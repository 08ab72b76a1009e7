ghost use Rattle.std.specs.Prelude.{◌≡◌, Some, IfSome};
ghost use Rattle.word_pack.specs.declared.status.StatusForm.{StatusForm};
ghost use Rattle.word_pack.specs.StatusWords.{FitsStatus, status_word, IsStatusWord};

use crate::layout::{ENTRY, FAILED, HELD, IDLE, SUCCEEDED, TAG, UNDECIDED};

/// What the status word of a descriptor says.
#[derive(Clone, Copy, Debug, PartialEq, Eq)]
pub enum StatusForm {
    /// Nobody uses the descriptor.
    Idle,
    /// The swap is published and not decided yet.
    Undecided,
    /// The swap took place.
    Succeeded,
    /// The swap didn't take place, for the word of this entry: the word had changed or, where
    /// `held`, another swap held it and the owner gave up.
    Failed { entry: u32, held: bool },
}

/// The word of a form.
pub fn pack_status(form: StatusForm) -> u64
    requires { FitsStatus form }
    ensures { result ≡ status_word form }
{
    match form {
        StatusForm::Idle => IDLE,
        StatusForm::Undecided => UNDECIDED,
        StatusForm::Succeeded => SUCCEEDED,
        StatusForm::Failed { entry, held } => {
            let word = ENTRY.put(FAILED, u64::from(entry));
            HELD.put(word, u64::from(held))
        }
    }
}

/// The form of a word, or None where it is the word of no form.
pub fn unpack_status(word: u64) -> Option<StatusForm>
    ensures form { IfSome result (λ form. IsStatusWord form word) }
    ensures every { (form : StatusForm) → IsStatusWord form word → result ≡ Some form }
{
    match word {
        IDLE => Some(StatusForm::Idle),
        UNDECIDED => Some(StatusForm::Undecided),
        SUCCEEDED => Some(StatusForm::Succeeded),
        _ if TAG.of(word) == FAILED && HELD.is_last_of(word) => Some(StatusForm::Failed {
            entry: ENTRY.of(word) as u32,
            held: HELD.of(word) == 1,
        }),
        _ => None,
    }
}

• To do: From the first line to the last, retype the material exactly.

• Response to this task:
repository 08ab72b76a1009e7
ghost use Rattle.std.specs.Prelude.{◌≡◌, Some, IfSome};
ghost use Rattle.word_pack.specs.declared.status.StatusForm.{StatusForm};
ghost use Rattle.word_pack.specs.StatusWords.{FitsStatus, status_word, IsStatusWord};

use crate::layout::{ENTRY, FAILED, HELD, IDLE, SUCCEEDED, TAG, UNDECIDED};

/// What the status word of a descriptor says.
#[derive(Clone, Copy, Debug, PartialEq, Eq)]
pub enum StatusForm {
    /// Nobody uses the descriptor.
    Idle,
    /// The swap is published and not decided yet.
    Undecided,
    /// The swap took place.
    Succeeded,
    /// The swap didn't take place, for the word of this entry: the word had changed or, where
    /// `held`, another swap held it and the owner gave up.
    Failed { entry: u32, held: bool },
}

/// The word of a form.
pub fn pack_status(form: StatusForm) -> u64
    requires { FitsStatus form }
    ensures { result ≡ status_word form }
{
    match form {
        StatusForm::Idle => IDLE,
        StatusForm::Undecided => UNDECIDED,
        StatusForm::Succeeded => SUCCEEDED,
        StatusForm::Failed { entry, held } => {
            let word = ENTRY.put(FAILED, u64::from(entry));
            HELD.put(word, u64::from(held))
        }
    }
}

/// The form of a word, or None where it is the word of no form.
pub fn unpack_status(word: u64) -> Option<StatusForm>
    ensures form { IfSome result (λ form. IsStatusWord form word) }
    ensures every { (form : StatusForm) → IsStatusWord form word → result ≡ Some form }
{
    match word {
        IDLE => Some(StatusForm::Idle),
        UNDECIDED => Some(StatusForm::Undecided),
        SUCCEEDED => Some(StatusForm::Succeeded),
        _ if TAG.of(word) == FAILED && HELD.is_last_of(word) => Some(StatusForm::Failed {
            entry: ENTRY.of(word) as u32,
            held: HELD.of(word) == 1,
        }),
        _ => None,
    }
}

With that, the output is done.